本文介紹了 Goku，這是一個最先進的聯合圖像和視頻生成模型系列，利用矯正流 Transformer 實現行業領先的性能。我們詳細介紹了支持高質量視覺生成的基本元素，包括數據整理流程、模型架構設計、流程制定，以及用於高效和穩健的大規模訓練的先進基礎設施。Goku 模型在定性和定量評估中展現出優越的性能，在主要任務中設立了新的基準。具體來說，Goku 在 GenEval 上達到 0.76，在 DPG-Bench 上達到 83.65，用於文本到圖像生成；在 VBench 上達到 84.85，用於文本到視頻任務。我們相信這項工作為研究社區在開發聯合圖像和視頻生成模型方面提供了有價值的見解和實用進展。

English

This paper introduces Goku, a state-of-the-art family of joint image-and-video generation models leveraging rectified flow Transformers to achieve industry-leading performance.

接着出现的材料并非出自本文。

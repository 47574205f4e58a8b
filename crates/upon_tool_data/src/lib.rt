// What a call of `upon-tool` renders templates on: files of several formats, one after the other, and values that are
// set at paths, from the words of the call.
#![tactic(auto)]

pub mod context;
mod environment;
pub mod fault;
pub mod files;
pub mod held;
pub mod samples;
mod settings;
pub mod sources;
pub mod words;
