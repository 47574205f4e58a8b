// The variables of the environment, as data.
ghost use Rattle.std.specs.Prelude.{◌≡◌, true, IfErr, IfOk};
ghost use Rattle.upon_data.specs.Parts.{data_entries};
ghost use Rattle.upon_types.specs.Val.{no_entries};
ghost use Rattle.upon_tool_io.specs.World.{variables_of};
ghost use Rattle.upon_tool_data.specs.Environment.{with_variables, AreVariables, HasEnvironment, RefusesEnvironment};

use crate::fault::ContextFault;
use std::alloc::{AllocError, Global};
use upon_data::parts::Data;
use upon_tool_io::files::ReadFault;
use upon_tool_io::sources::Sources;
use upon_types::value::Value;

// The key of the variables.
const ENV: &str = "env";

// What is said to be no UTF-8.
const ENVIRONMENT: &str = "the environment";

/// Returns data with the variables of the environment, a map of texts at the key `env`; or data without entries, if
/// they are not asked for.
pub(crate) fn environment<'a, R: Sources + AllocGlobal>(
    rt: &R,
    is_asked: bool,
) -> Result<Data, ContextFault<'a>>
    ensures read { IfOk result (λ read. HasEnvironment (R.world rt.now) is_asked (data_entries read)) }
    ensures refused { IfErr result (RefusesEnvironment (R.world rt.now) is_asked) }
{
    let alloc = rt.alloc();
    let mut data = Data::new(alloc);
    if is_asked {
        let variables = variables(rt)?;
        data.put_at(alloc, ENV, variables.into_value())?;
    }
    Ok(data)
}

// The variables of the environment, each a text at its name.
fn variables<'a, R: Sources + AllocGlobal>(rt: &R) -> Result<Data, ContextFault<'a>>
    ensures read { IfOk result (λ variables. AreVariables (R.world rt.now) (data_entries variables)) }
    ensures refused { IfErr result (RefusesEnvironment (R.world rt.now) true) }
{
    let alloc = rt.alloc();
    match rt.variables(alloc) {
        Ok(found) => Ok(as_data(alloc, found)?),
        Err(ReadFault::NotText) => Err(ContextFault::NotText(ENVIRONMENT)),
        Err(_) => Err(ContextFault::OutOfMemory),
    }
}

// Variables, each a text at its name.
fn as_data(alloc: Global, found: Vec<(String, String)>) -> Result<Data, AllocError>
    ensures { IfOk result
        (λ variables. data_entries variables ≡ with_variables (variables_of found.items) no_entries) }
{
    let mut variables = Data::new(alloc);
    for variable in found {
        let (name, text) = variable;
        variables.put_at(alloc, name.as_str(), Value::String(text))?;
    }
    Ok(variables)
}
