// Values that are read of files in memory: of each there is just one text that it may be of.
ghost use Rattle.std.specs.Prelude.{◌≡◌, Some, false, IfErr, IfOk, string_bytes};
ghost use Rattle.upon_types.specs.View.{view};
ghost use Rattle.upon_data.specs.Format.{IsValueIn};
ghost use Rattle.upon_tool_data.specs.Sources.{is_standard};
ghost use Rattle.upon_tool_data.specs.Words.{format_for};
ghost use Rattle.upon_tool_data.specs.Held.{IsHeldValue};
ghost use Rattle.upon_tool_io.specs.Memory.{bytes_under, IsNoHeldText};

use crate::fault::ContextFault;
use crate::files::read_value;
use crate::sources::read_source;
use std::io::Read;
use upon_data::format::Format;
use upon_tool_io::files::ReadFault;
use upon_tool_io::memory::Memory;
use upon_types::value::Value;

/// Returns the text of a file in memory.
///
/// The error says that there is no such file, or that its bytes are no text, or there is no memory.
pub fn held_text<I: Read>(memory: &Memory, name: &str, input: &mut I) -> Result<String, ReadFault>
    requires { is_standard name.now ≡ false }
    ensures text { IfOk result (λ text. bytes_under name.now memory.now.files.items ≡ Some (string_bytes text)) }
    ensures none { IfErr result (IsNoHeldText memory.now.files.items name.now) }
{
    read_source(memory, name, input)
}

/// Returns the value of a file in memory: that of its text in its format, and of no other.
///
/// The error says why there is none.
pub fn held_value<'a, I: Read>(
    memory: &Memory,
    name: &'a str,
    given: Option<Format>,
    input: &mut I,
) -> Result<Value, ContextFault<'a>>
    requires { is_standard name.now ≡ false }
    ensures { IfOk result (λ v. IsHeldValue memory.now.files.items name.entry.now (format_for given name.entry.now)
        (view v)) }
{
    read_value(memory, name, given, input)
}
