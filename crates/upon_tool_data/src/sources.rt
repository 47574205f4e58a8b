// The texts that are read: files by their names, and standard input.
ghost use Rattle.std.specs.Prelude.{◌≡◌, false, IfErr, IfOk, string_bytes};
ghost use Rattle.upon_tool_data.specs.Sources.{IsTextOf, IsNoTextOf, is_standard};

use std::io::Read;
use upon_tool_io::files::{ReadFault, read_file, read_text};
use upon_tool_io::sources::Sources;

/// The name that stands for standard input or output.
pub const STANDARD: &str = "-";

/// Returns the text of a file, or of standard input.
///
/// The error says why it is not read, or is `NotText` if it is not UTF-8.
pub fn read_source<R: Sources + AllocGlobal, I: Read>(
    rt: &R,
    name: &str,
    input: &mut I,
) -> Result<String, ReadFault>
    // The text of standard input is what it has left, if that is known; that of a file is one that it may hold.
    ensures text { IfOk result (λ text. IsTextOf (R.world rt.now) name.now (I.remaining input.old)
        (string_bytes text)) }
    // If there is none, there may be this reason.
    ensures unread { IfErr result (IsNoTextOf (R.world rt.now) name.now (I.remaining input.old)) }
    // For a file the input is not read.
    ensures kept { is_standard name.now ≡ false → I.remaining input.new ≡ I.remaining input.old }
{
    if name == STANDARD {
        read_text(rt.alloc(), input)
    } else {
        read_file(rt, rt.alloc(), name)
    }
}
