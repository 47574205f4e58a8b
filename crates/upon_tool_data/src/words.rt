// What the words of a call say of its data, and which words are refused before anything is read.
ghost use Rattle.std.specs.Prelude.{◌≡◌, All, Contains, IfErr, IfNone, IfSome, IsNone, IsSome, OnOk, false, option_map, true};
ghost use Rattle.std.specs.List.{after_first, before_first, list_any};
ghost use Rattle.upon_tool_data.specs.Words.{asks_again, file_of, format_asked, format_for, has_equals, is_equals, is_input, is_key, is_folder_end, word_key, AreRightWords, IsWordFault};

use crate::fault::ContextFault;
use crate::sources::STANDARD;
use upon_data::format::Format;
use upon_tool_io::arguments::DataCall;

/// What a call says of its data.
#[derive(Clone, Copy)]
pub struct DataWords<'a, 'w> {
    /// Whether the variables of the environment are data, a map at the key `env`.
    pub env: bool,
    /// The words of `--data`, each `FILE` or `KEY=FILE`; the file `-` is standard input.
    pub files: &'w [&'a str],
    /// The name of the format that each file has; without one the file's name says it, or it is JSON.
    pub format: Option<&'a str>,
    /// The words of `--set-json`, each `PATH=JSON`.
    pub values: &'w [&'a str],
    /// The words of `--set`, each `PATH=TEXT`.
    pub texts: &'w [&'a str],
}

impl<'a, 'w> DataWords<'a, 'w> {
    ghost use Rattle.upon_tool_data.specs.Words.{AreWordsOf};

    /// Returns the words of a call's data.
    pub fn of(call: &'w DataCall<'a>) -> DataWords<'a, 'w>
        ensures { AreWordsOf call.entry.now result }
    {
        DataWords {
            env: call.env,
            files: call.files.as_slice(),
            format: call.format,
            values: call.set_json.as_slice(),
            texts: call.set.as_slice(),
        }
    }
}

/// Checks the words, before anything is read. Standard input can be a template's file too.
///
/// The error is `InputTwice` if standard input is asked for twice, and `LacksValue` or `LacksText` if a word that is
/// to set a value has no `=`.
pub fn check<'a>(words: &DataWords<'a, '_>, is_input_taken: bool) -> Result<(), ContextFault<'a>>
    ensures right { OnOk result (AreRightWords is_input_taken words.now.files.now words.now.values.now
        words.now.texts.now) }
    ensures refused { IfErr result (IsWordFault is_input_taken words.now.files.now words.now.values.now
        words.now.texts.now) }
{
    if asks_again(is_input_taken, words.files) {
        return Err(ContextFault::InputTwice);
    }
    if let Some(word) = without_equals(words.values) {
        return Err(ContextFault::LacksValue(word));
    }
    match without_equals(words.texts) {
        Some(word) => Err(ContextFault::LacksText(word)),
        None => Ok(()),
    }
}

/// Returns whether standard input is asked for by words of `--data`, and was before, or is twice.
pub(crate) fn asks_again(is_taken: bool, words: &[&str]) -> bool
    ensures { result ≡ asks_again is_taken words.now }
{
    let mut is_asked = is_taken;
    for word in words {
        let names_input = is_input(word);
        let is_twice = is_asked & names_input;
        if is_twice {
            return true;
        }
        is_asked |= names_input;
    }
    false
}

// Whether the file of a word of `--data` is standard input.
fn is_input(word: &str) -> bool
    ensures { result ≡ is_input word.now }
{
    let (_, name) = key_and_file(word);
    name == STANDARD
}

// The first of the words that has no `=`.
fn without_equals<'a>(words: &[&'a str]) -> Option<&'a str>
    ensures none { IfNone result (All (λ word. has_equals word.now ≡ true) words.now) }
    ensures some { IfSome result (λ word. Contains words.now word) }
    ensures lacks { IfSome result (λ word. has_equals word.now ≡ false) }
{
    for word in words {
        if !has_equals(word) {
            return Some(*word);
        }
    }
    None
}

// Whether a word has a `=`.
fn has_equals(word: &str) -> bool
    ensures { result ≡ has_equals word.now }
{
    parts(word).is_some()
}

/// Returns what is before the first `=` of a word, and what is after it.
pub(crate) fn parts<'w>(word: &'w str) -> Option<(&'w str, &'w str)>
    ensures before { IfSome result (λ parts. parts.0.now ≡ before_first is_equals word.entry.now) }
    ensures after { IfSome result (λ parts. parts.1.now ≡ after_first is_equals word.entry.now) }
    ensures some { IsSome result → has_equals word.entry.now ≡ true }
    ensures none { IsNone result → has_equals word.entry.now ≡ false }
{
    word.split_once('=')
}

/// Returns the key and the file of a word of `--data`. What is before its first `=` is the key, unless that is empty or
/// has a `/`; then the word is the file.
pub(crate) fn key_and_file<'w>(word: &'w str) -> (Option<&'w str>, &'w str)
    ensures key { option_map (λ key. key.now) result.0 ≡ word_key word.entry.now }
    ensures file { result.1.now ≡ file_of word.entry.now }
{
    match parts(word) {
        Some((key, file)) => {
            if is_key(key) {
                (Some(key), file)
            } else {
                (None, word)
            }
        }
        None => (None, word),
    }
}

// Whether a text can be the key of a file: it is not empty, and has no `/`.
fn is_key(text: &str) -> bool
    ensures { result ≡ is_key text.now }
{
    !text.is_empty() && !has_slash(text)
}

// Whether a text has a `/`.
fn has_slash(text: &str) -> bool
    ensures { result ≡ list_any is_folder_end text.now }
{
    text.as_bytes().contains(&b'/')
}

/// Returns the format of a name, if one is given.
pub(crate) fn format_asked(name: Option<&str>) -> Option<Format>
    ensures { result ≡ format_asked name.entry }
{
    match name {
        Some(name) => Format::of_name(name),
        None => None,
    }
}

/// Returns the format of a file: the one that is given for all, or the one that its name says, or JSON.
pub(crate) fn format_for(given: Option<Format>, name: &str) -> Format
    ensures { result ≡ format_for given name.now }
{
    match given {
        Some(format) => format,
        None => Format::of_path(name).unwrap_or(Format::Json),
    }
}
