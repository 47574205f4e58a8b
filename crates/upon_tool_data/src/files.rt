// The files of data, one after the other: the entries of a later one win, or a file is put at a key.
ghost use Rattle.std.specs.Prelude.{◌≡◌, false, IfErr, IfOk, OnOk, Some, option_map, string_bytes};
ghost use Rattle.upon_types.specs.View.{view};
ghost use Rattle.upon_data.specs.Parts.{data_entries};
ghost use Rattle.upon_data.specs.declared.format.Format.{Format as TextFormat};
ghost use Rattle.upon_data.specs.Format.{IsValueIn};
ghost use Rattle.upon_tool_data.specs.Files.{with_file_value, AddsFile, AddsFiles, HasOtherFormat, IsRead, IsToldAs, RefusesFile, RefusesFiles, RefusesPut, RefusesText};
ghost use Rattle.upon_tool_data.specs.Sources.{is_standard, IsTextOf};
ghost use Rattle.upon_tool_data.specs.Words.{format_for};

use crate::fault::ContextFault;
use crate::sources::read_source;
use crate::words::{format_for, key_and_file};
use std::alloc::Global;
use std::io::{self, Read};
use upon_data::fault::DataFault;
use upon_data::format::{Format, read};
use upon_data::parts::{Data, PartFault};
use upon_tool_io::files::ReadFault;
use upon_tool_io::sources::Sources;
use upon_types::value::Value;

/// Adds the files of the words of `--data`, one after the other.
pub(crate) fn add_files<'a, R: Sources + AllocGlobal, I: Read>(
    rt: &R,
    words: &[&'a str],
    given: Option<Format>,
    data: &mut Data,
    input: &mut I,
) -> Result<(), ContextFault<'a>>
    ensures added { OnOk result (AddsFiles (R.world rt.now) given words.now
        (I.remaining input.old) (data_entries data.old) (I.remaining input.new) (data_entries data.new)) }
    ensures refused { IfErr result (RefusesFiles (R.world rt.now) given words.now (I.remaining input.old)
        (data_entries data.old)) }
{
    for word in words {
        add_file(rt, word, given, data, input)?;
    }
    Ok(())
}

// Adds the file of a word.
fn add_file<'a, R: Sources + AllocGlobal, I: Read>(
    rt: &R,
    word: &'a str,
    given: Option<Format>,
    data: &mut Data,
    input: &mut I,
) -> Result<(), ContextFault<'a>>
    ensures added { OnOk result (AddsFile (R.world rt.now) given word.entry.now
        (I.remaining input.old) (data_entries data.old) (I.remaining input.new) (data_entries data.new)) }
    ensures refused { IfErr result (RefusesFile (R.world rt.now) given word.entry.now (I.remaining input.old)
        (data_entries data.old)) }
{
    let (key, name) = key_and_file(word);
    let value = read_value(rt, name, given, input)?;
    put(rt.alloc(), data, key, name, value)
}

/// Returns the value that the file of a name has, in a format if one is given, or in the one that the name says.
///
/// The error says why the file is not read, or why its text is not of the format.
pub fn read_value<'a, R: Sources + AllocGlobal, I: Read>(
    rt: &R,
    name: &'a str,
    given: Option<Format>,
    input: &mut I,
) -> Result<Value, ContextFault<'a>>
    ensures read { IfOk result (λ v. IsRead (R.world rt.now) (format_for given name.entry.now)
        name.entry.now (I.remaining input.old) (view v) (I.remaining input.new)) }
    ensures refused { IfErr result
        (RefusesText (R.world rt.now) (format_for given name.entry.now) name.entry.now (I.remaining input.old)) }
{
    let text = text_of(rt, name, input)?;
    value_of(rt.alloc(), name, given, text.as_str())
}

// The text of the file of a name.
fn text_of<'a, R: Sources + AllocGlobal, I: Read>(
    rt: &R,
    name: &'a str,
    input: &mut I,
) -> Result<String, ContextFault<'a>>
    ensures text { IfOk result (λ text. IsTextOf (R.world rt.now) name.entry.now (I.remaining input.old)
        (string_bytes text)) }
    ensures kept { is_standard name.entry.now ≡ false → I.remaining input.new ≡ I.remaining input.old }
    ensures refused { IfErr result (λ fault. (format : TextFormat) →
        RefusesText (R.world rt.now) format name.entry.now (I.remaining input.old) fault) }
{
    match read_source(rt, name, input) {
        Ok(text) => Ok(text),
        Err(fault) => Err(unread(name, fault)),
    }
}

// Why the file of a name is not read.
fn unread<'a>(name: &'a str, fault: ReadFault) -> ContextFault<'a>
    ensures { IsToldAs name.entry fault result }
{
    match fault {
        ReadFault::Unreadable(error) => ContextFault::Unreadable(name, error),
        ReadFault::Outside => {
            ContextFault::Unreadable(name, io::ErrorKind::PermissionDenied.into())
        }
        ReadFault::NotText => ContextFault::NotText(name),
        ReadFault::OutOfMemory => ContextFault::OutOfMemory,
    }
}

// The value that the text of the file of a name is.
fn value_of<'a>(
    alloc: Global,
    name: &'a str,
    given: Option<Format>,
    text: &str,
) -> Result<Value, ContextFault<'a>>
    ensures read { IfOk result (λ v. IsValueIn (format_for given name.entry.now) text.now (view v)) }
    ensures refused { IfErr result
        (HasOtherFormat (format_for given name.entry.now) name.entry.now text.now) }
{
    match read(alloc, format_for(given, name), text) {
        Ok(value) => Ok(value),
        Err(DataFault::Refused(refusal)) => Err(ContextFault::NotOfFormat(name, refusal)),
        Err(DataFault::OutOfMemory) => Err(ContextFault::OutOfMemory),
    }
}

// Puts the value of the file of a name at a key, or merges it in if no key is given.
fn put<'a>(
    alloc: Global,
    data: &mut Data,
    key: Option<&str>,
    name: &'a str,
    value: Value,
) -> Result<(), ContextFault<'a>>
    ensures put { OnOk result (with_file_value (option_map (λ key. key.now) key.entry) (view value)
        (data_entries data.old)
        ≡ Some (data_entries data.new)) }
    ensures refused { IfErr result (RefusesPut
        (option_map (λ key. key.now) key.entry) name.entry.now (view value) (data_entries data.old)) }
{
    match key {
        Some(key) => Ok(data.put_at(alloc, key, value)?),
        None => match data.merge(alloc, value) {
            Ok(()) => Ok(()),
            Err(PartFault::NotObject) => Err(ContextFault::NotObject(name)),
            Err(PartFault::NotMap | PartFault::OutOfMemory) => Err(ContextFault::OutOfMemory),
        },
    }
}
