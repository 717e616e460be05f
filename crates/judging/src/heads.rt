// Refusals 1 to 5, by what both engines know of a frame.
ghost use Rattle.std.specs.Prelude.{◌≡◌, take};
ghost use Rattle.pec.specs.Words.{word_at};
ghost use Rattle.judging.specs.Refusals.{command_in};
ghost use Rattle.judging.specs.Heads.{head_judged};

use records::{Command, MOST_MONITORS};
use refusals::Refusal;

// What a frame is that nothing refuses: its command, and the number of monitors that it goes to.
#[derive(Clone, Copy)]
pub struct Judged {
    pub command: Command,
    pub monitors: usize,
}

// The code of a frame; of one under two bytes as though zeros followed.
fn code_in(frame: &[u8]) -> u16
    ensures { result ≡ word_at frame.now 0 }
{
    let high = records::byte_at(frame, 0) as u16;
    let low = records::byte_at(frame, 1) as u16;
    high * 256 + low
}

// The command of a frame.
pub fn command_in(frame: &[u8]) -> Command
    ensures { result ≡ command_in frame.now }
{
    records::command_of(code_in(frame))
}

// The first four bytes of a frame, and all of a shorter one.
fn head_of(frame: &[u8]) -> &[u8]
    ensures { result.now ≡ take 4 frame.now }
{
    if frame.len() < 4 {
        return frame;
    }
    &frame[..4]
}

// What the refusals say of a frame that begins with these bytes, where so many came in all, for a chain of n monitors: n is 0 where
// the table is not sound.
pub fn judge_head(frame: &[u8], bytes: usize, n: usize) -> Result<Judged, Refusal>
    ensures { result ≡ head_judged frame.now bytes n }
{
    if n < 1 {
        return Err(Refusal::TableNotSound);
    }
    if MOST_MONITORS < n {
        return Err(Refusal::TableNotSound);
    }
    if bytes < 4 {
        return Err(Refusal::FrameShort);
    }
    if !check_words::command_right(head_of(frame)) {
        return Err(Refusal::CommandWrong);
    }
    // Not by `command_in`: the slice would go on in memory, and every frame waits for it to be copied there.
    let command = records::command_of(code_in(frame));
    if !records::is_listed(command) {
        return Err(Refusal::CodeNotListed);
    }
    if bytes != records::frame_length(command, n) {
        return Err(Refusal::LengthWrong);
    }
    Ok(Judged {
        command,
        monitors: n,
    })
}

We detail the foundational elements enabling high-quality visual generation, including the data curation pipeline, model architecture design, flow formulation, and advanced infrastructure for efficient and robust large-scale training. The Goku models demonstrate superior performance in both qualitative and quantitative evaluations, setting new benchmarks across major tasks. Specifically, Goku achieves 0.76 on GenEval and 83.65 on DPG-Bench for text-to-image generation, and 84.85 on VBench for text-to-video tasks. We believe that this work provides valuable insights and practical advancements for the research community in developing joint image-and-video generation models.